Так как же он может отказаться от шанса, который ему предоставляет случай — шанса почти невероятного, — из-за истории с Тимми Батермэном? Одна ласточка весны не делает.
«Ты делаешь все, чтобы заставить себя в это поверить, — запротестовал его ум. — Скажи, наконец, себе правду о Том, что Черч изменился. Даже если оставить в стороне этих мышей и птиц, уже одно то, как он ходит… Как машина. Помнишь день, когда мы запускали змея? Какой Гэдж был веселый, живой… живой.

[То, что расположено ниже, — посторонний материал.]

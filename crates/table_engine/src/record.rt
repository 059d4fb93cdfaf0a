//! What is kept of a hand, and why an act was not taken.

ghost use Rattle.std.specs.Prelude.{◌≡◌, length};
ghost use Rattle.table_engine.specs.declared.record.ActFault.TheVariants.{No, NoMemory};
ghost use Rattle.table_engine.specs.Plays.{IsCompletePlay, recorded_hand};
ghost use Rattle.table_engine.specs.Results.{with_stacks, players_after};

use crate::players::set_stacks;
use crate::start::{HandStart, StartSeat};
use betting_round::{Act, Done};
use floor_text::{List, Name, Refusal};
use std::alloc::{AllocError, AllocFailed};

/// An act of a player.
#[derive(Clone, Copy)]
pub struct ActOf {
    /// Who acted.
    pub name: Name,
    /// What he did.
    pub act: Act,
    /// Whether the act was made for him because time was called.
    pub by_time: bool,
}

/// An act that is not refused, with what it comes to.
#[derive(Clone, Copy)]
pub(crate) struct Accepted {
    /// The seat of the player who acts.
    pub seat: u8,
    /// The act.
    pub entry: ActOf,
    /// What it comes to.
    pub done: Done,
}

/// A hand that is over.
#[derive(Drop)]
pub struct HandRecord {
    /// How it started.
    pub start: HandStart,
    /// Its acts, in order.
    pub acts: List<ActOf>,
    /// The stacks after it, in chips, in the order of the start's players.
    pub stacks: List<u64>,
}

impl HandRecord {
    /// Gives the players of the hand with their stacks after it, in rising seat. It takes no memory.
    pub fn into_players(self) -> List<StartSeat>
        requires { length self.stacks ≡ length self.start.seats }
        ensures same { result ≡ with_stacks self.start.seats self.stacks }
        ensures after { IsCompletePlay self → result ≡ players_after (recorded_hand self) }
    {
        let HandRecord { start, stacks, .. } = self;
        let mut players = start.seats.into_vec();
        set_stacks(&mut players, stacks.items());
        List::from_vec(players)
    }
}

/// Why an act was not taken.
#[derive(Clone, Copy, PartialEq, Eq)]
pub enum ActFault {
    /// The act is refused.
    No(Refusal),
    /// Memory ran out.
    NoMemory,
}

impl From<Refusal> for ActFault {
    ghost from_gives = { λ refusal fault. fault ≡ No refusal };

    fn from(refusal: Refusal) -> ActFault {
        ActFault::No(refusal)
    }
}

impl<T: Drop> From<AllocFailed<T>> for ActFault {
    ghost from_gives = { λ _ fault. fault ≡ NoMemory };

    fn from(_: AllocFailed<T>) -> ActFault {
        ActFault::NoMemory
    }
}

impl From<AllocError> for ActFault {
    ghost from_gives = { λ _ fault. fault ≡ NoMemory };

    fn from(_: AllocError) -> ActFault {
        ActFault::NoMemory
    }
}
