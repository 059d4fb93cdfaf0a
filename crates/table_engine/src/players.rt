//! The players of a hand by their seats, and with other stacks.

ghost use Rattle.std.specs.Prelude.{◌≡◌, ◌==◌, ◌+◌, ◌<◌, ◌≤◌, ◌^◌, Some, None, true, find, length, map, replicate};
ghost use Rattle.std.specs.List.{list_all};
ghost use Rattle.std.specs.Option.{option_map_or};
ghost use Rattle.rulebook.specs.Seats.{walk};
ghost use Rattle.betting_round.specs.StreetActs.{chips_on};
ghost use Rattle.betting_round.specs.WhoIsDue.{player_in};
ghost use Rattle.level_plan.specs.Items.{is_between};
ghost use Rattle.table_engine.specs.Starts.{IsLawfulStart};
ghost use Rattle.table_engine.specs.declared.start.HandStart.{HandStart};
ghost use Rattle.table_engine.specs.declared.start.StartSeat.{StartSeat};
ghost use Rattle.table_engine.specs.Hands.{players_by_seat};
ghost use Rattle.table_engine.specs.Awards.{most_awarded, stack_after};
ghost use Rattle.table_engine.specs.Results.{with_stacks};

use crate::awards::Awards;
use crate::start::{HandStart, StartSeat};
use betting_round::Round;

/// What stands in the slot of a seat for a player of a start.
pub(crate) trait InSlot: Copy {
    /// What is made of a player.
    ghost made: { HandStart → StartSeat → Self };

    /// Makes it of a player.
    fn make(start: &HandStart, player: &StartSeat) -> Self
        ensures { result ≡ made start.now player.now };
}

/// The player.
impl InSlot for Option<StartSeat> {
    ghost made = { λ _ player. Some player };

    fn make(_start: &HandStart, player: &StartSeat) -> Option<StartSeat> {
        Some(*player)
    }
}

/// Fills the slots of the seats of players, where nobody is in any. Where two had one seat, the first would have it.
pub(crate) fn fill_slots<T: InSlot>(
    start: &HandStart,
    players: &[StartSeat],
    slots: &mut [T; 10],
    nobody: T,
)
    requires seats { list_all (λ player. is_between 1 10 player.seat) players.now ≡ true }
    requires empty { slots.old ≡ replicate 10 nobody }
    ensures { slots.new ≡ map (λ seat.
        option_map_or (T.made start.now) (find (λ player. player.seat == seat) players.now) nobody)
        (walk (λ seat. seat + 1) 10 0) }
{
    let count = players.len();
    for done in 0..count {
        let player = &players[count - 1 - done];
        slots[usize::from(player.seat) - 1] = T::make(start, player);
    }
}

/// Gives the players who are dealt in, by the seats 1 to 10.
pub(crate) fn players_by_seat(start: &HandStart) -> [Option<StartSeat>; 10]
    requires { IsLawfulStart start.now }
    ensures { result ≡ players_by_seat start.now }
{
    let mut slots = [None; 10];
    fill_slots(start, start.seats.items(), &mut slots, None);
    slots
}

/// Tells what the player in a seat has after a hand, in chips: what he has behind, and what he gets.
fn stack_after(round: &Round, seat: u8, awards: &Awards) -> u64
    requires first { 1 ≤ seat }
    requires last { seat ≤ 10 }
    requires small { chips_on round.now + most_awarded awards.now < 2 ^ 64 }
    ensures { result ≡ stack_after awards.now seat (player_in round.now.players seat) }
{
    match round.bettor(seat) {
        Some(bettor) => bettor.behind + awards.award_in(seat, bettor.live),
        None => 0,
    }
}

/// Puts the players' stacks after the hand into the room for them.
pub(crate) fn pay(stacks: &mut [u64], players: &[StartSeat], round: &Round, awards: &Awards)
    requires room { length stacks.old ≡ length players.now }
    requires seats { list_all (λ player. is_between 1 10 player.seat) players.now ≡ true }
    requires small { chips_on round.now + most_awarded awards.now < 2 ^ 64 }
    ensures { stacks.new ≡ map (λ player. stack_after awards.now player.seat (player_in round.now.players player.seat))
        players.now }
{
    for index in 0..stacks.len() {
        stacks[index] = stack_after(round, players[index].seat, awards);
    }
}

/// Gives each player the stack at his index of the list, in chips.
pub(crate) fn set_stacks(players: &mut [StartSeat], stacks: &[u64])
    requires { length stacks.now ≡ length players.old }
    ensures { players.new ≡ with_stacks players.old stacks.now }
{
    for index in 0..players.len() {
        players[index] = players[index].with_stack(stacks[index]);
    }
}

Теперь ты хочешь, чтобы он стал, как Черч? Хочешь сделать из него зомби, как в этих дурацких фильмах ужасов? Или просто безмозглого кретина, который ест руками, тупо смотрит в экран телевизора и никогда не выучится писать собственное имя? Что там говорил Джуд про своего пса? «Это было как мыть кусок мяса». Этого ты хочешь? Живой кусок мяса? И даже если тебе будет этого достаточно, как ты объяснишь своей жене то, что случится? А дочери? А Стиву Мастертону? А всем остальным? Мисси Дэнбридж зайдет к нам и увидит Гэджа. Ты не слышишь ее крик, Луис? Не видишь, как она закрывает лицо руками? Что ты скажешь репортерам? Или киношникам, которые однажды заявятся к тебе, чтобы снять фильм о твоем воскресшем сыне?»